** Material supplied follows **
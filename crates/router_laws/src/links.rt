// Entries of links to servers: from the code's steps to the core standing for the longer log.

mod closing;
mod farewell;
mod losing;
mod named;
mod nobodys;
mod routers;

pub use closing::closes_go;
pub use farewell::{farewells_router, lost_closes_router};
pub use losing::{given_up_with_it, loses_ended_router, loses_judge, loses_router};
pub use named::{new_links_are_none, steps_are_planned};
pub use nobodys::{opens_go, writes_go};
pub use routers::{closes_router, opens_router, writes_router};
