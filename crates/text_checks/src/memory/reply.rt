// Replies as a case shows them.
use crate::memory::payload::Payload;
use crate::memory::verb::Verb;
use check_lines::Answer;
use mx_base::Bytes;

fn put_text(answer: &mut Answer, bytes: &[u8]) {
    match str::from_utf8(bytes) {
        Ok(text) => answer.text(text),
        Err(_) => answer.bad(),
    }
}

// AUTOCOMMIT is what an idle session shows.
fn put_flags(answer: &mut Answer, status: u16) {
    match status {
        2 => {}
        3 => answer.text("+tx"),
        0 => answer.text("-autocommit"),
        1 => answer.text("-autocommit+tx"),
        _ => answer.bad(),
    }
}

// An OK without info and warnings (client/server protocol, "OK_Packet").
fn put_ok(answer: &mut Answer, payload: &[u8]) {
    let mut left = Payload { rest: payload };
    left.bytes(answer, 1);
    let rows = left.number(answer);
    let id = left.number(answer);
    let status = left.short(answer);
    answer.text("ok");
    put_flags(answer, status);
    if left.short(answer) != 0 {
        answer.bad();
    }
    left.end(answer);
    if rows != 0 || id != 0 {
        answer.text(" rows=");
        answer.display(rows);
        answer.text(" id=");
        answer.display(id);
    }
}

// The code, the SQL state and the message of an ERR (client/server protocol, "ERR_Packet").
fn put_err(answer: &mut Answer, payload: &[u8]) {
    let mut left = Payload { rest: payload };
    left.bytes(answer, 1);
    let code = left.short(answer);
    left.bytes(answer, 1);
    let state = left.bytes(answer, 5);
    answer.text("err ");
    answer.display(code);
    answer.text(" ");
    put_text(answer, state);
    answer.text(" ");
    put_text(answer, left.rest);
}

// The status flags of an EOF without warnings (client/server protocol, "EOF_Packet").
fn eof_status(answer: &mut Answer, payload: &[u8]) -> u16 {
    match payload {
        [0xFE, 0, 0, low, high] => u16::from_le_bytes([*low, *high]),
        _ => {
            answer.bad();
            0
        }
    }
}

// The name of a column, behind its catalog, schema, table and the table's own name (client/server protocol,
// "Protocol::ColumnDefinition41").
fn put_name(answer: &mut Answer, definition: &[u8]) {
    let mut left = Payload { rest: definition };
    for _ in 0..4 {
        left.text(answer);
    }
    let name = left.text(answer);
    put_text(answer, name);
}

// The name in each definition.
fn put_names(answer: &mut Answer, definitions: &[Bytes]) {
    answer.text(" [");
    let start = answer.len();
    for definition in definitions {
        answer.separate(start, ", ");
        put_name(answer, definition.as_slice());
    }
    answer.text("]");
}

// So many definitions and an EOF with these flags, and gives what stands behind; nothing where there are none.
fn put_definitions<'a>(
    answer: &mut Answer,
    status: u16,
    count: usize,
    payloads: &'a [Bytes],
) -> &'a [Bytes] {
    if count == 0 {
        answer.text(" []");
        return payloads;
    }
    let (definitions, behind) = payloads.split_at_checked(count).unwrap_or((&[], payloads));
    put_names(answer, definitions);
    match behind.split_first() {
        Some((eof, rest)) if eof_status(answer, eof.as_slice()) == status => rest,
        _ => {
            answer.bad();
            payloads
        }
    }
}

// A cell. One that is NULL has no bytes in a row of a prepared statement, and its own in a row of texts.
fn put_cell(answer: &mut Answer, left: &mut Payload<'_>, is_null: bool) {
    if is_null {
        answer.text("NULL");
    } else if left.rest.first() == Some(&0xFB) {
        left.bytes(answer, 1);
        answer.text("NULL");
    } else {
        let text = left.text(answer);
        put_text(answer, text);
    }
}

// So many cells of a row. Those whose bit is set are NULL.
fn put_cells(answer: &mut Answer, count: usize, nulls: u8, row: &[u8]) {
    answer.text(" (");
    let start = answer.len();
    let mut nulls = nulls;
    let mut left = Payload { rest: row };
    for _ in 0..count {
        answer.separate(start, ", ");
        put_cell(answer, &mut left, nulls % 2 == 1);
        nulls /= 2;
    }
    left.end(answer);
    answer.text(")");
}

// A row of texts, or one of a prepared statement with its map of NULLs (client/server protocol, "Binary Resultset Row").
fn put_row(answer: &mut Answer, is_binary: bool, count: usize, row: &[u8]) {
    if !is_binary {
        put_cells(answer, count, 0, row);
        return;
    }
    match row {
        [0, nulls, cells @ ..] => put_cells(answer, count, *nulls / 4, cells),
        _ => answer.bad(),
    }
}

fn put_rows(answer: &mut Answer, is_binary: bool, count: usize, rows: &[Bytes]) {
    for row in rows {
        put_row(answer, is_binary, count, row.as_slice());
    }
}

// A word, and the flags of the EOF that ends a reply.
fn put_head(answer: &mut Answer, word: &str, payloads: &[Bytes]) -> u16 {
    answer.text(word);
    let Some(last) = payloads.last() else {
        return 0;
    };
    let status = eof_status(answer, last.as_slice());
    put_flags(answer, status);
    status
}

// A result set.
fn put_table(answer: &mut Answer, is_binary: bool, count: usize, payloads: &[Bytes]) {
    let status = put_head(answer, "rows", payloads);
    match put_definitions(answer, status, count, payloads).split_last() {
        Some((_, rows)) => put_rows(answer, is_binary, count, rows),
        None => answer.bad(),
    }
}

// Parameters first, then columns (client/server protocol, "COM_STMT_PREPARE_OK").
fn put_prepared(answer: &mut Answer, first: &[u8], payloads: &[Bytes]) {
    let mut left = Payload { rest: first };
    left.bytes(answer, 5);
    let columns = usize::from(left.short(answer));
    let parameters = usize::from(left.short(answer));
    left.bytes(answer, 3);
    left.end(answer);
    let status = put_head(answer, "prepared", payloads);
    let rest = put_definitions(answer, status, parameters, payloads);
    let rest = put_definitions(answer, status, columns, rest);
    if !rest.is_empty() {
        answer.bad();
    }
}

// The definitions of a table's columns, and an EOF.
fn put_fields(answer: &mut Answer, payloads: &[Bytes]) {
    put_head(answer, "fields", payloads);
    match payloads.split_last() {
        Some((_, definitions)) => put_names(answer, definitions),
        None => answer.bad(),
    }
}

fn put_result(answer: &mut Answer, verb: Verb, first: &[u8], rest: &[Bytes]) {
    match first {
        [count] => put_table(answer, matches!(verb, Verb::Execute), *count as usize, rest),
        _ => answer.bad(),
    }
}

fn put_lone(answer: &mut Answer, first: &[u8], rest: &[Bytes]) {
    if !rest.is_empty() {
        answer.bad();
    }
    match first.first() {
        Some(0xFF) => put_err(answer, first),
        _ => put_ok(answer, first),
    }
}

/// A reply: `ok`, `rows`, `prepared` or `fields`, with `+tx` in a transaction and `-autocommit` where that is off; `err` with
/// its code, SQL state and message; or `nothing`. An OK shows its affected rows and insert id unless both are 0, a result
/// set the names of its columns in `[]` and each row in `()`, a prepare answer those of parameters and of columns. Bad
/// where it is no reply to this command.
pub fn put_reply(answer: &mut Answer, verb: Verb, payloads: &[Bytes]) {
    let Some((first, rest)) = payloads.split_first() else {
        answer.text("nothing");
        return;
    };
    match (verb, first.as_slice().first()) {
        (_, Some(0xFF)) => put_lone(answer, first.as_slice(), rest),
        (Verb::Prepare, _) => put_prepared(answer, first.as_slice(), rest),
        (Verb::Fields, _) => put_fields(answer, payloads),
        (_, Some(0)) => put_lone(answer, first.as_slice(), rest),
        _ => put_result(answer, verb, first.as_slice(), rest),
    }
}
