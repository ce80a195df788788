// Packets, and the payloads of logins, commands and replies. What a reader reads stands above its function.
mod client;
mod command;
mod command_table;
mod framing;
mod login;
mod number;
mod password;
mod reply;
mod rewrite;
mod server;
mod show;
mod steps;
mod table;
mod text;
mod track;

use check_lines::Fields;

/// Answers a case of this room.
pub fn read(fields: &mut Fields<'_>) {
    match fields.case.reader {
        "put_lenenc" => number::put(fields),
        "framer" => framing::feed(fields),
        "payloads_of" => framing::join(fields),
        "write_message" => framing::write(fields),
        "write_ok" => reply::ok(fields),
        "write_err" => reply::err(fields),
        "write_eof" => reply::eof(fields),
        "write_table" => table::write(fields),
        "track" => track::track(fields),
        "is_lone_reply" => reply::is_lone(fields),
        "sha1" => password::digest(fields),
        "answer" => password::answer(fields),
        "check" => password::check(fields),
        "parse" => command::parse(fields),
        "statement_of" => command::statement_of(fields),
        "has_no_reply" => command::has_no_reply(fields),
        "command" => command_table::parse(fields),
        "command_row" => command_table::row(fields),
        "write_switch" => rewrite::switch(fields),
        "greeted" | "told" => client::serve(fields),
        "backend" => server::log_in(fields),
        reader if reader.starts_with("get_") => number::get(fields),
        reader if reader.starts_with("rewrite_") => rewrite::again(fields),
        _ => login::read(fields),
    }
}
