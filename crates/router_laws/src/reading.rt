// Bytes come on links to servers: the core over shared links goes on with that entry of the log.

mod aside;
mod cores;
mod reading;

pub use aside::given_up_aside;
pub use cores::{hears_goes, hears_judge, hears_keep, hears_router, hears_so};
pub use reading::hears_rest;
** End of Material supplied **
What you need to do:
Could you give the number of lines in the entries that contain the string "else"? Only the number, please.

Worked solution:
4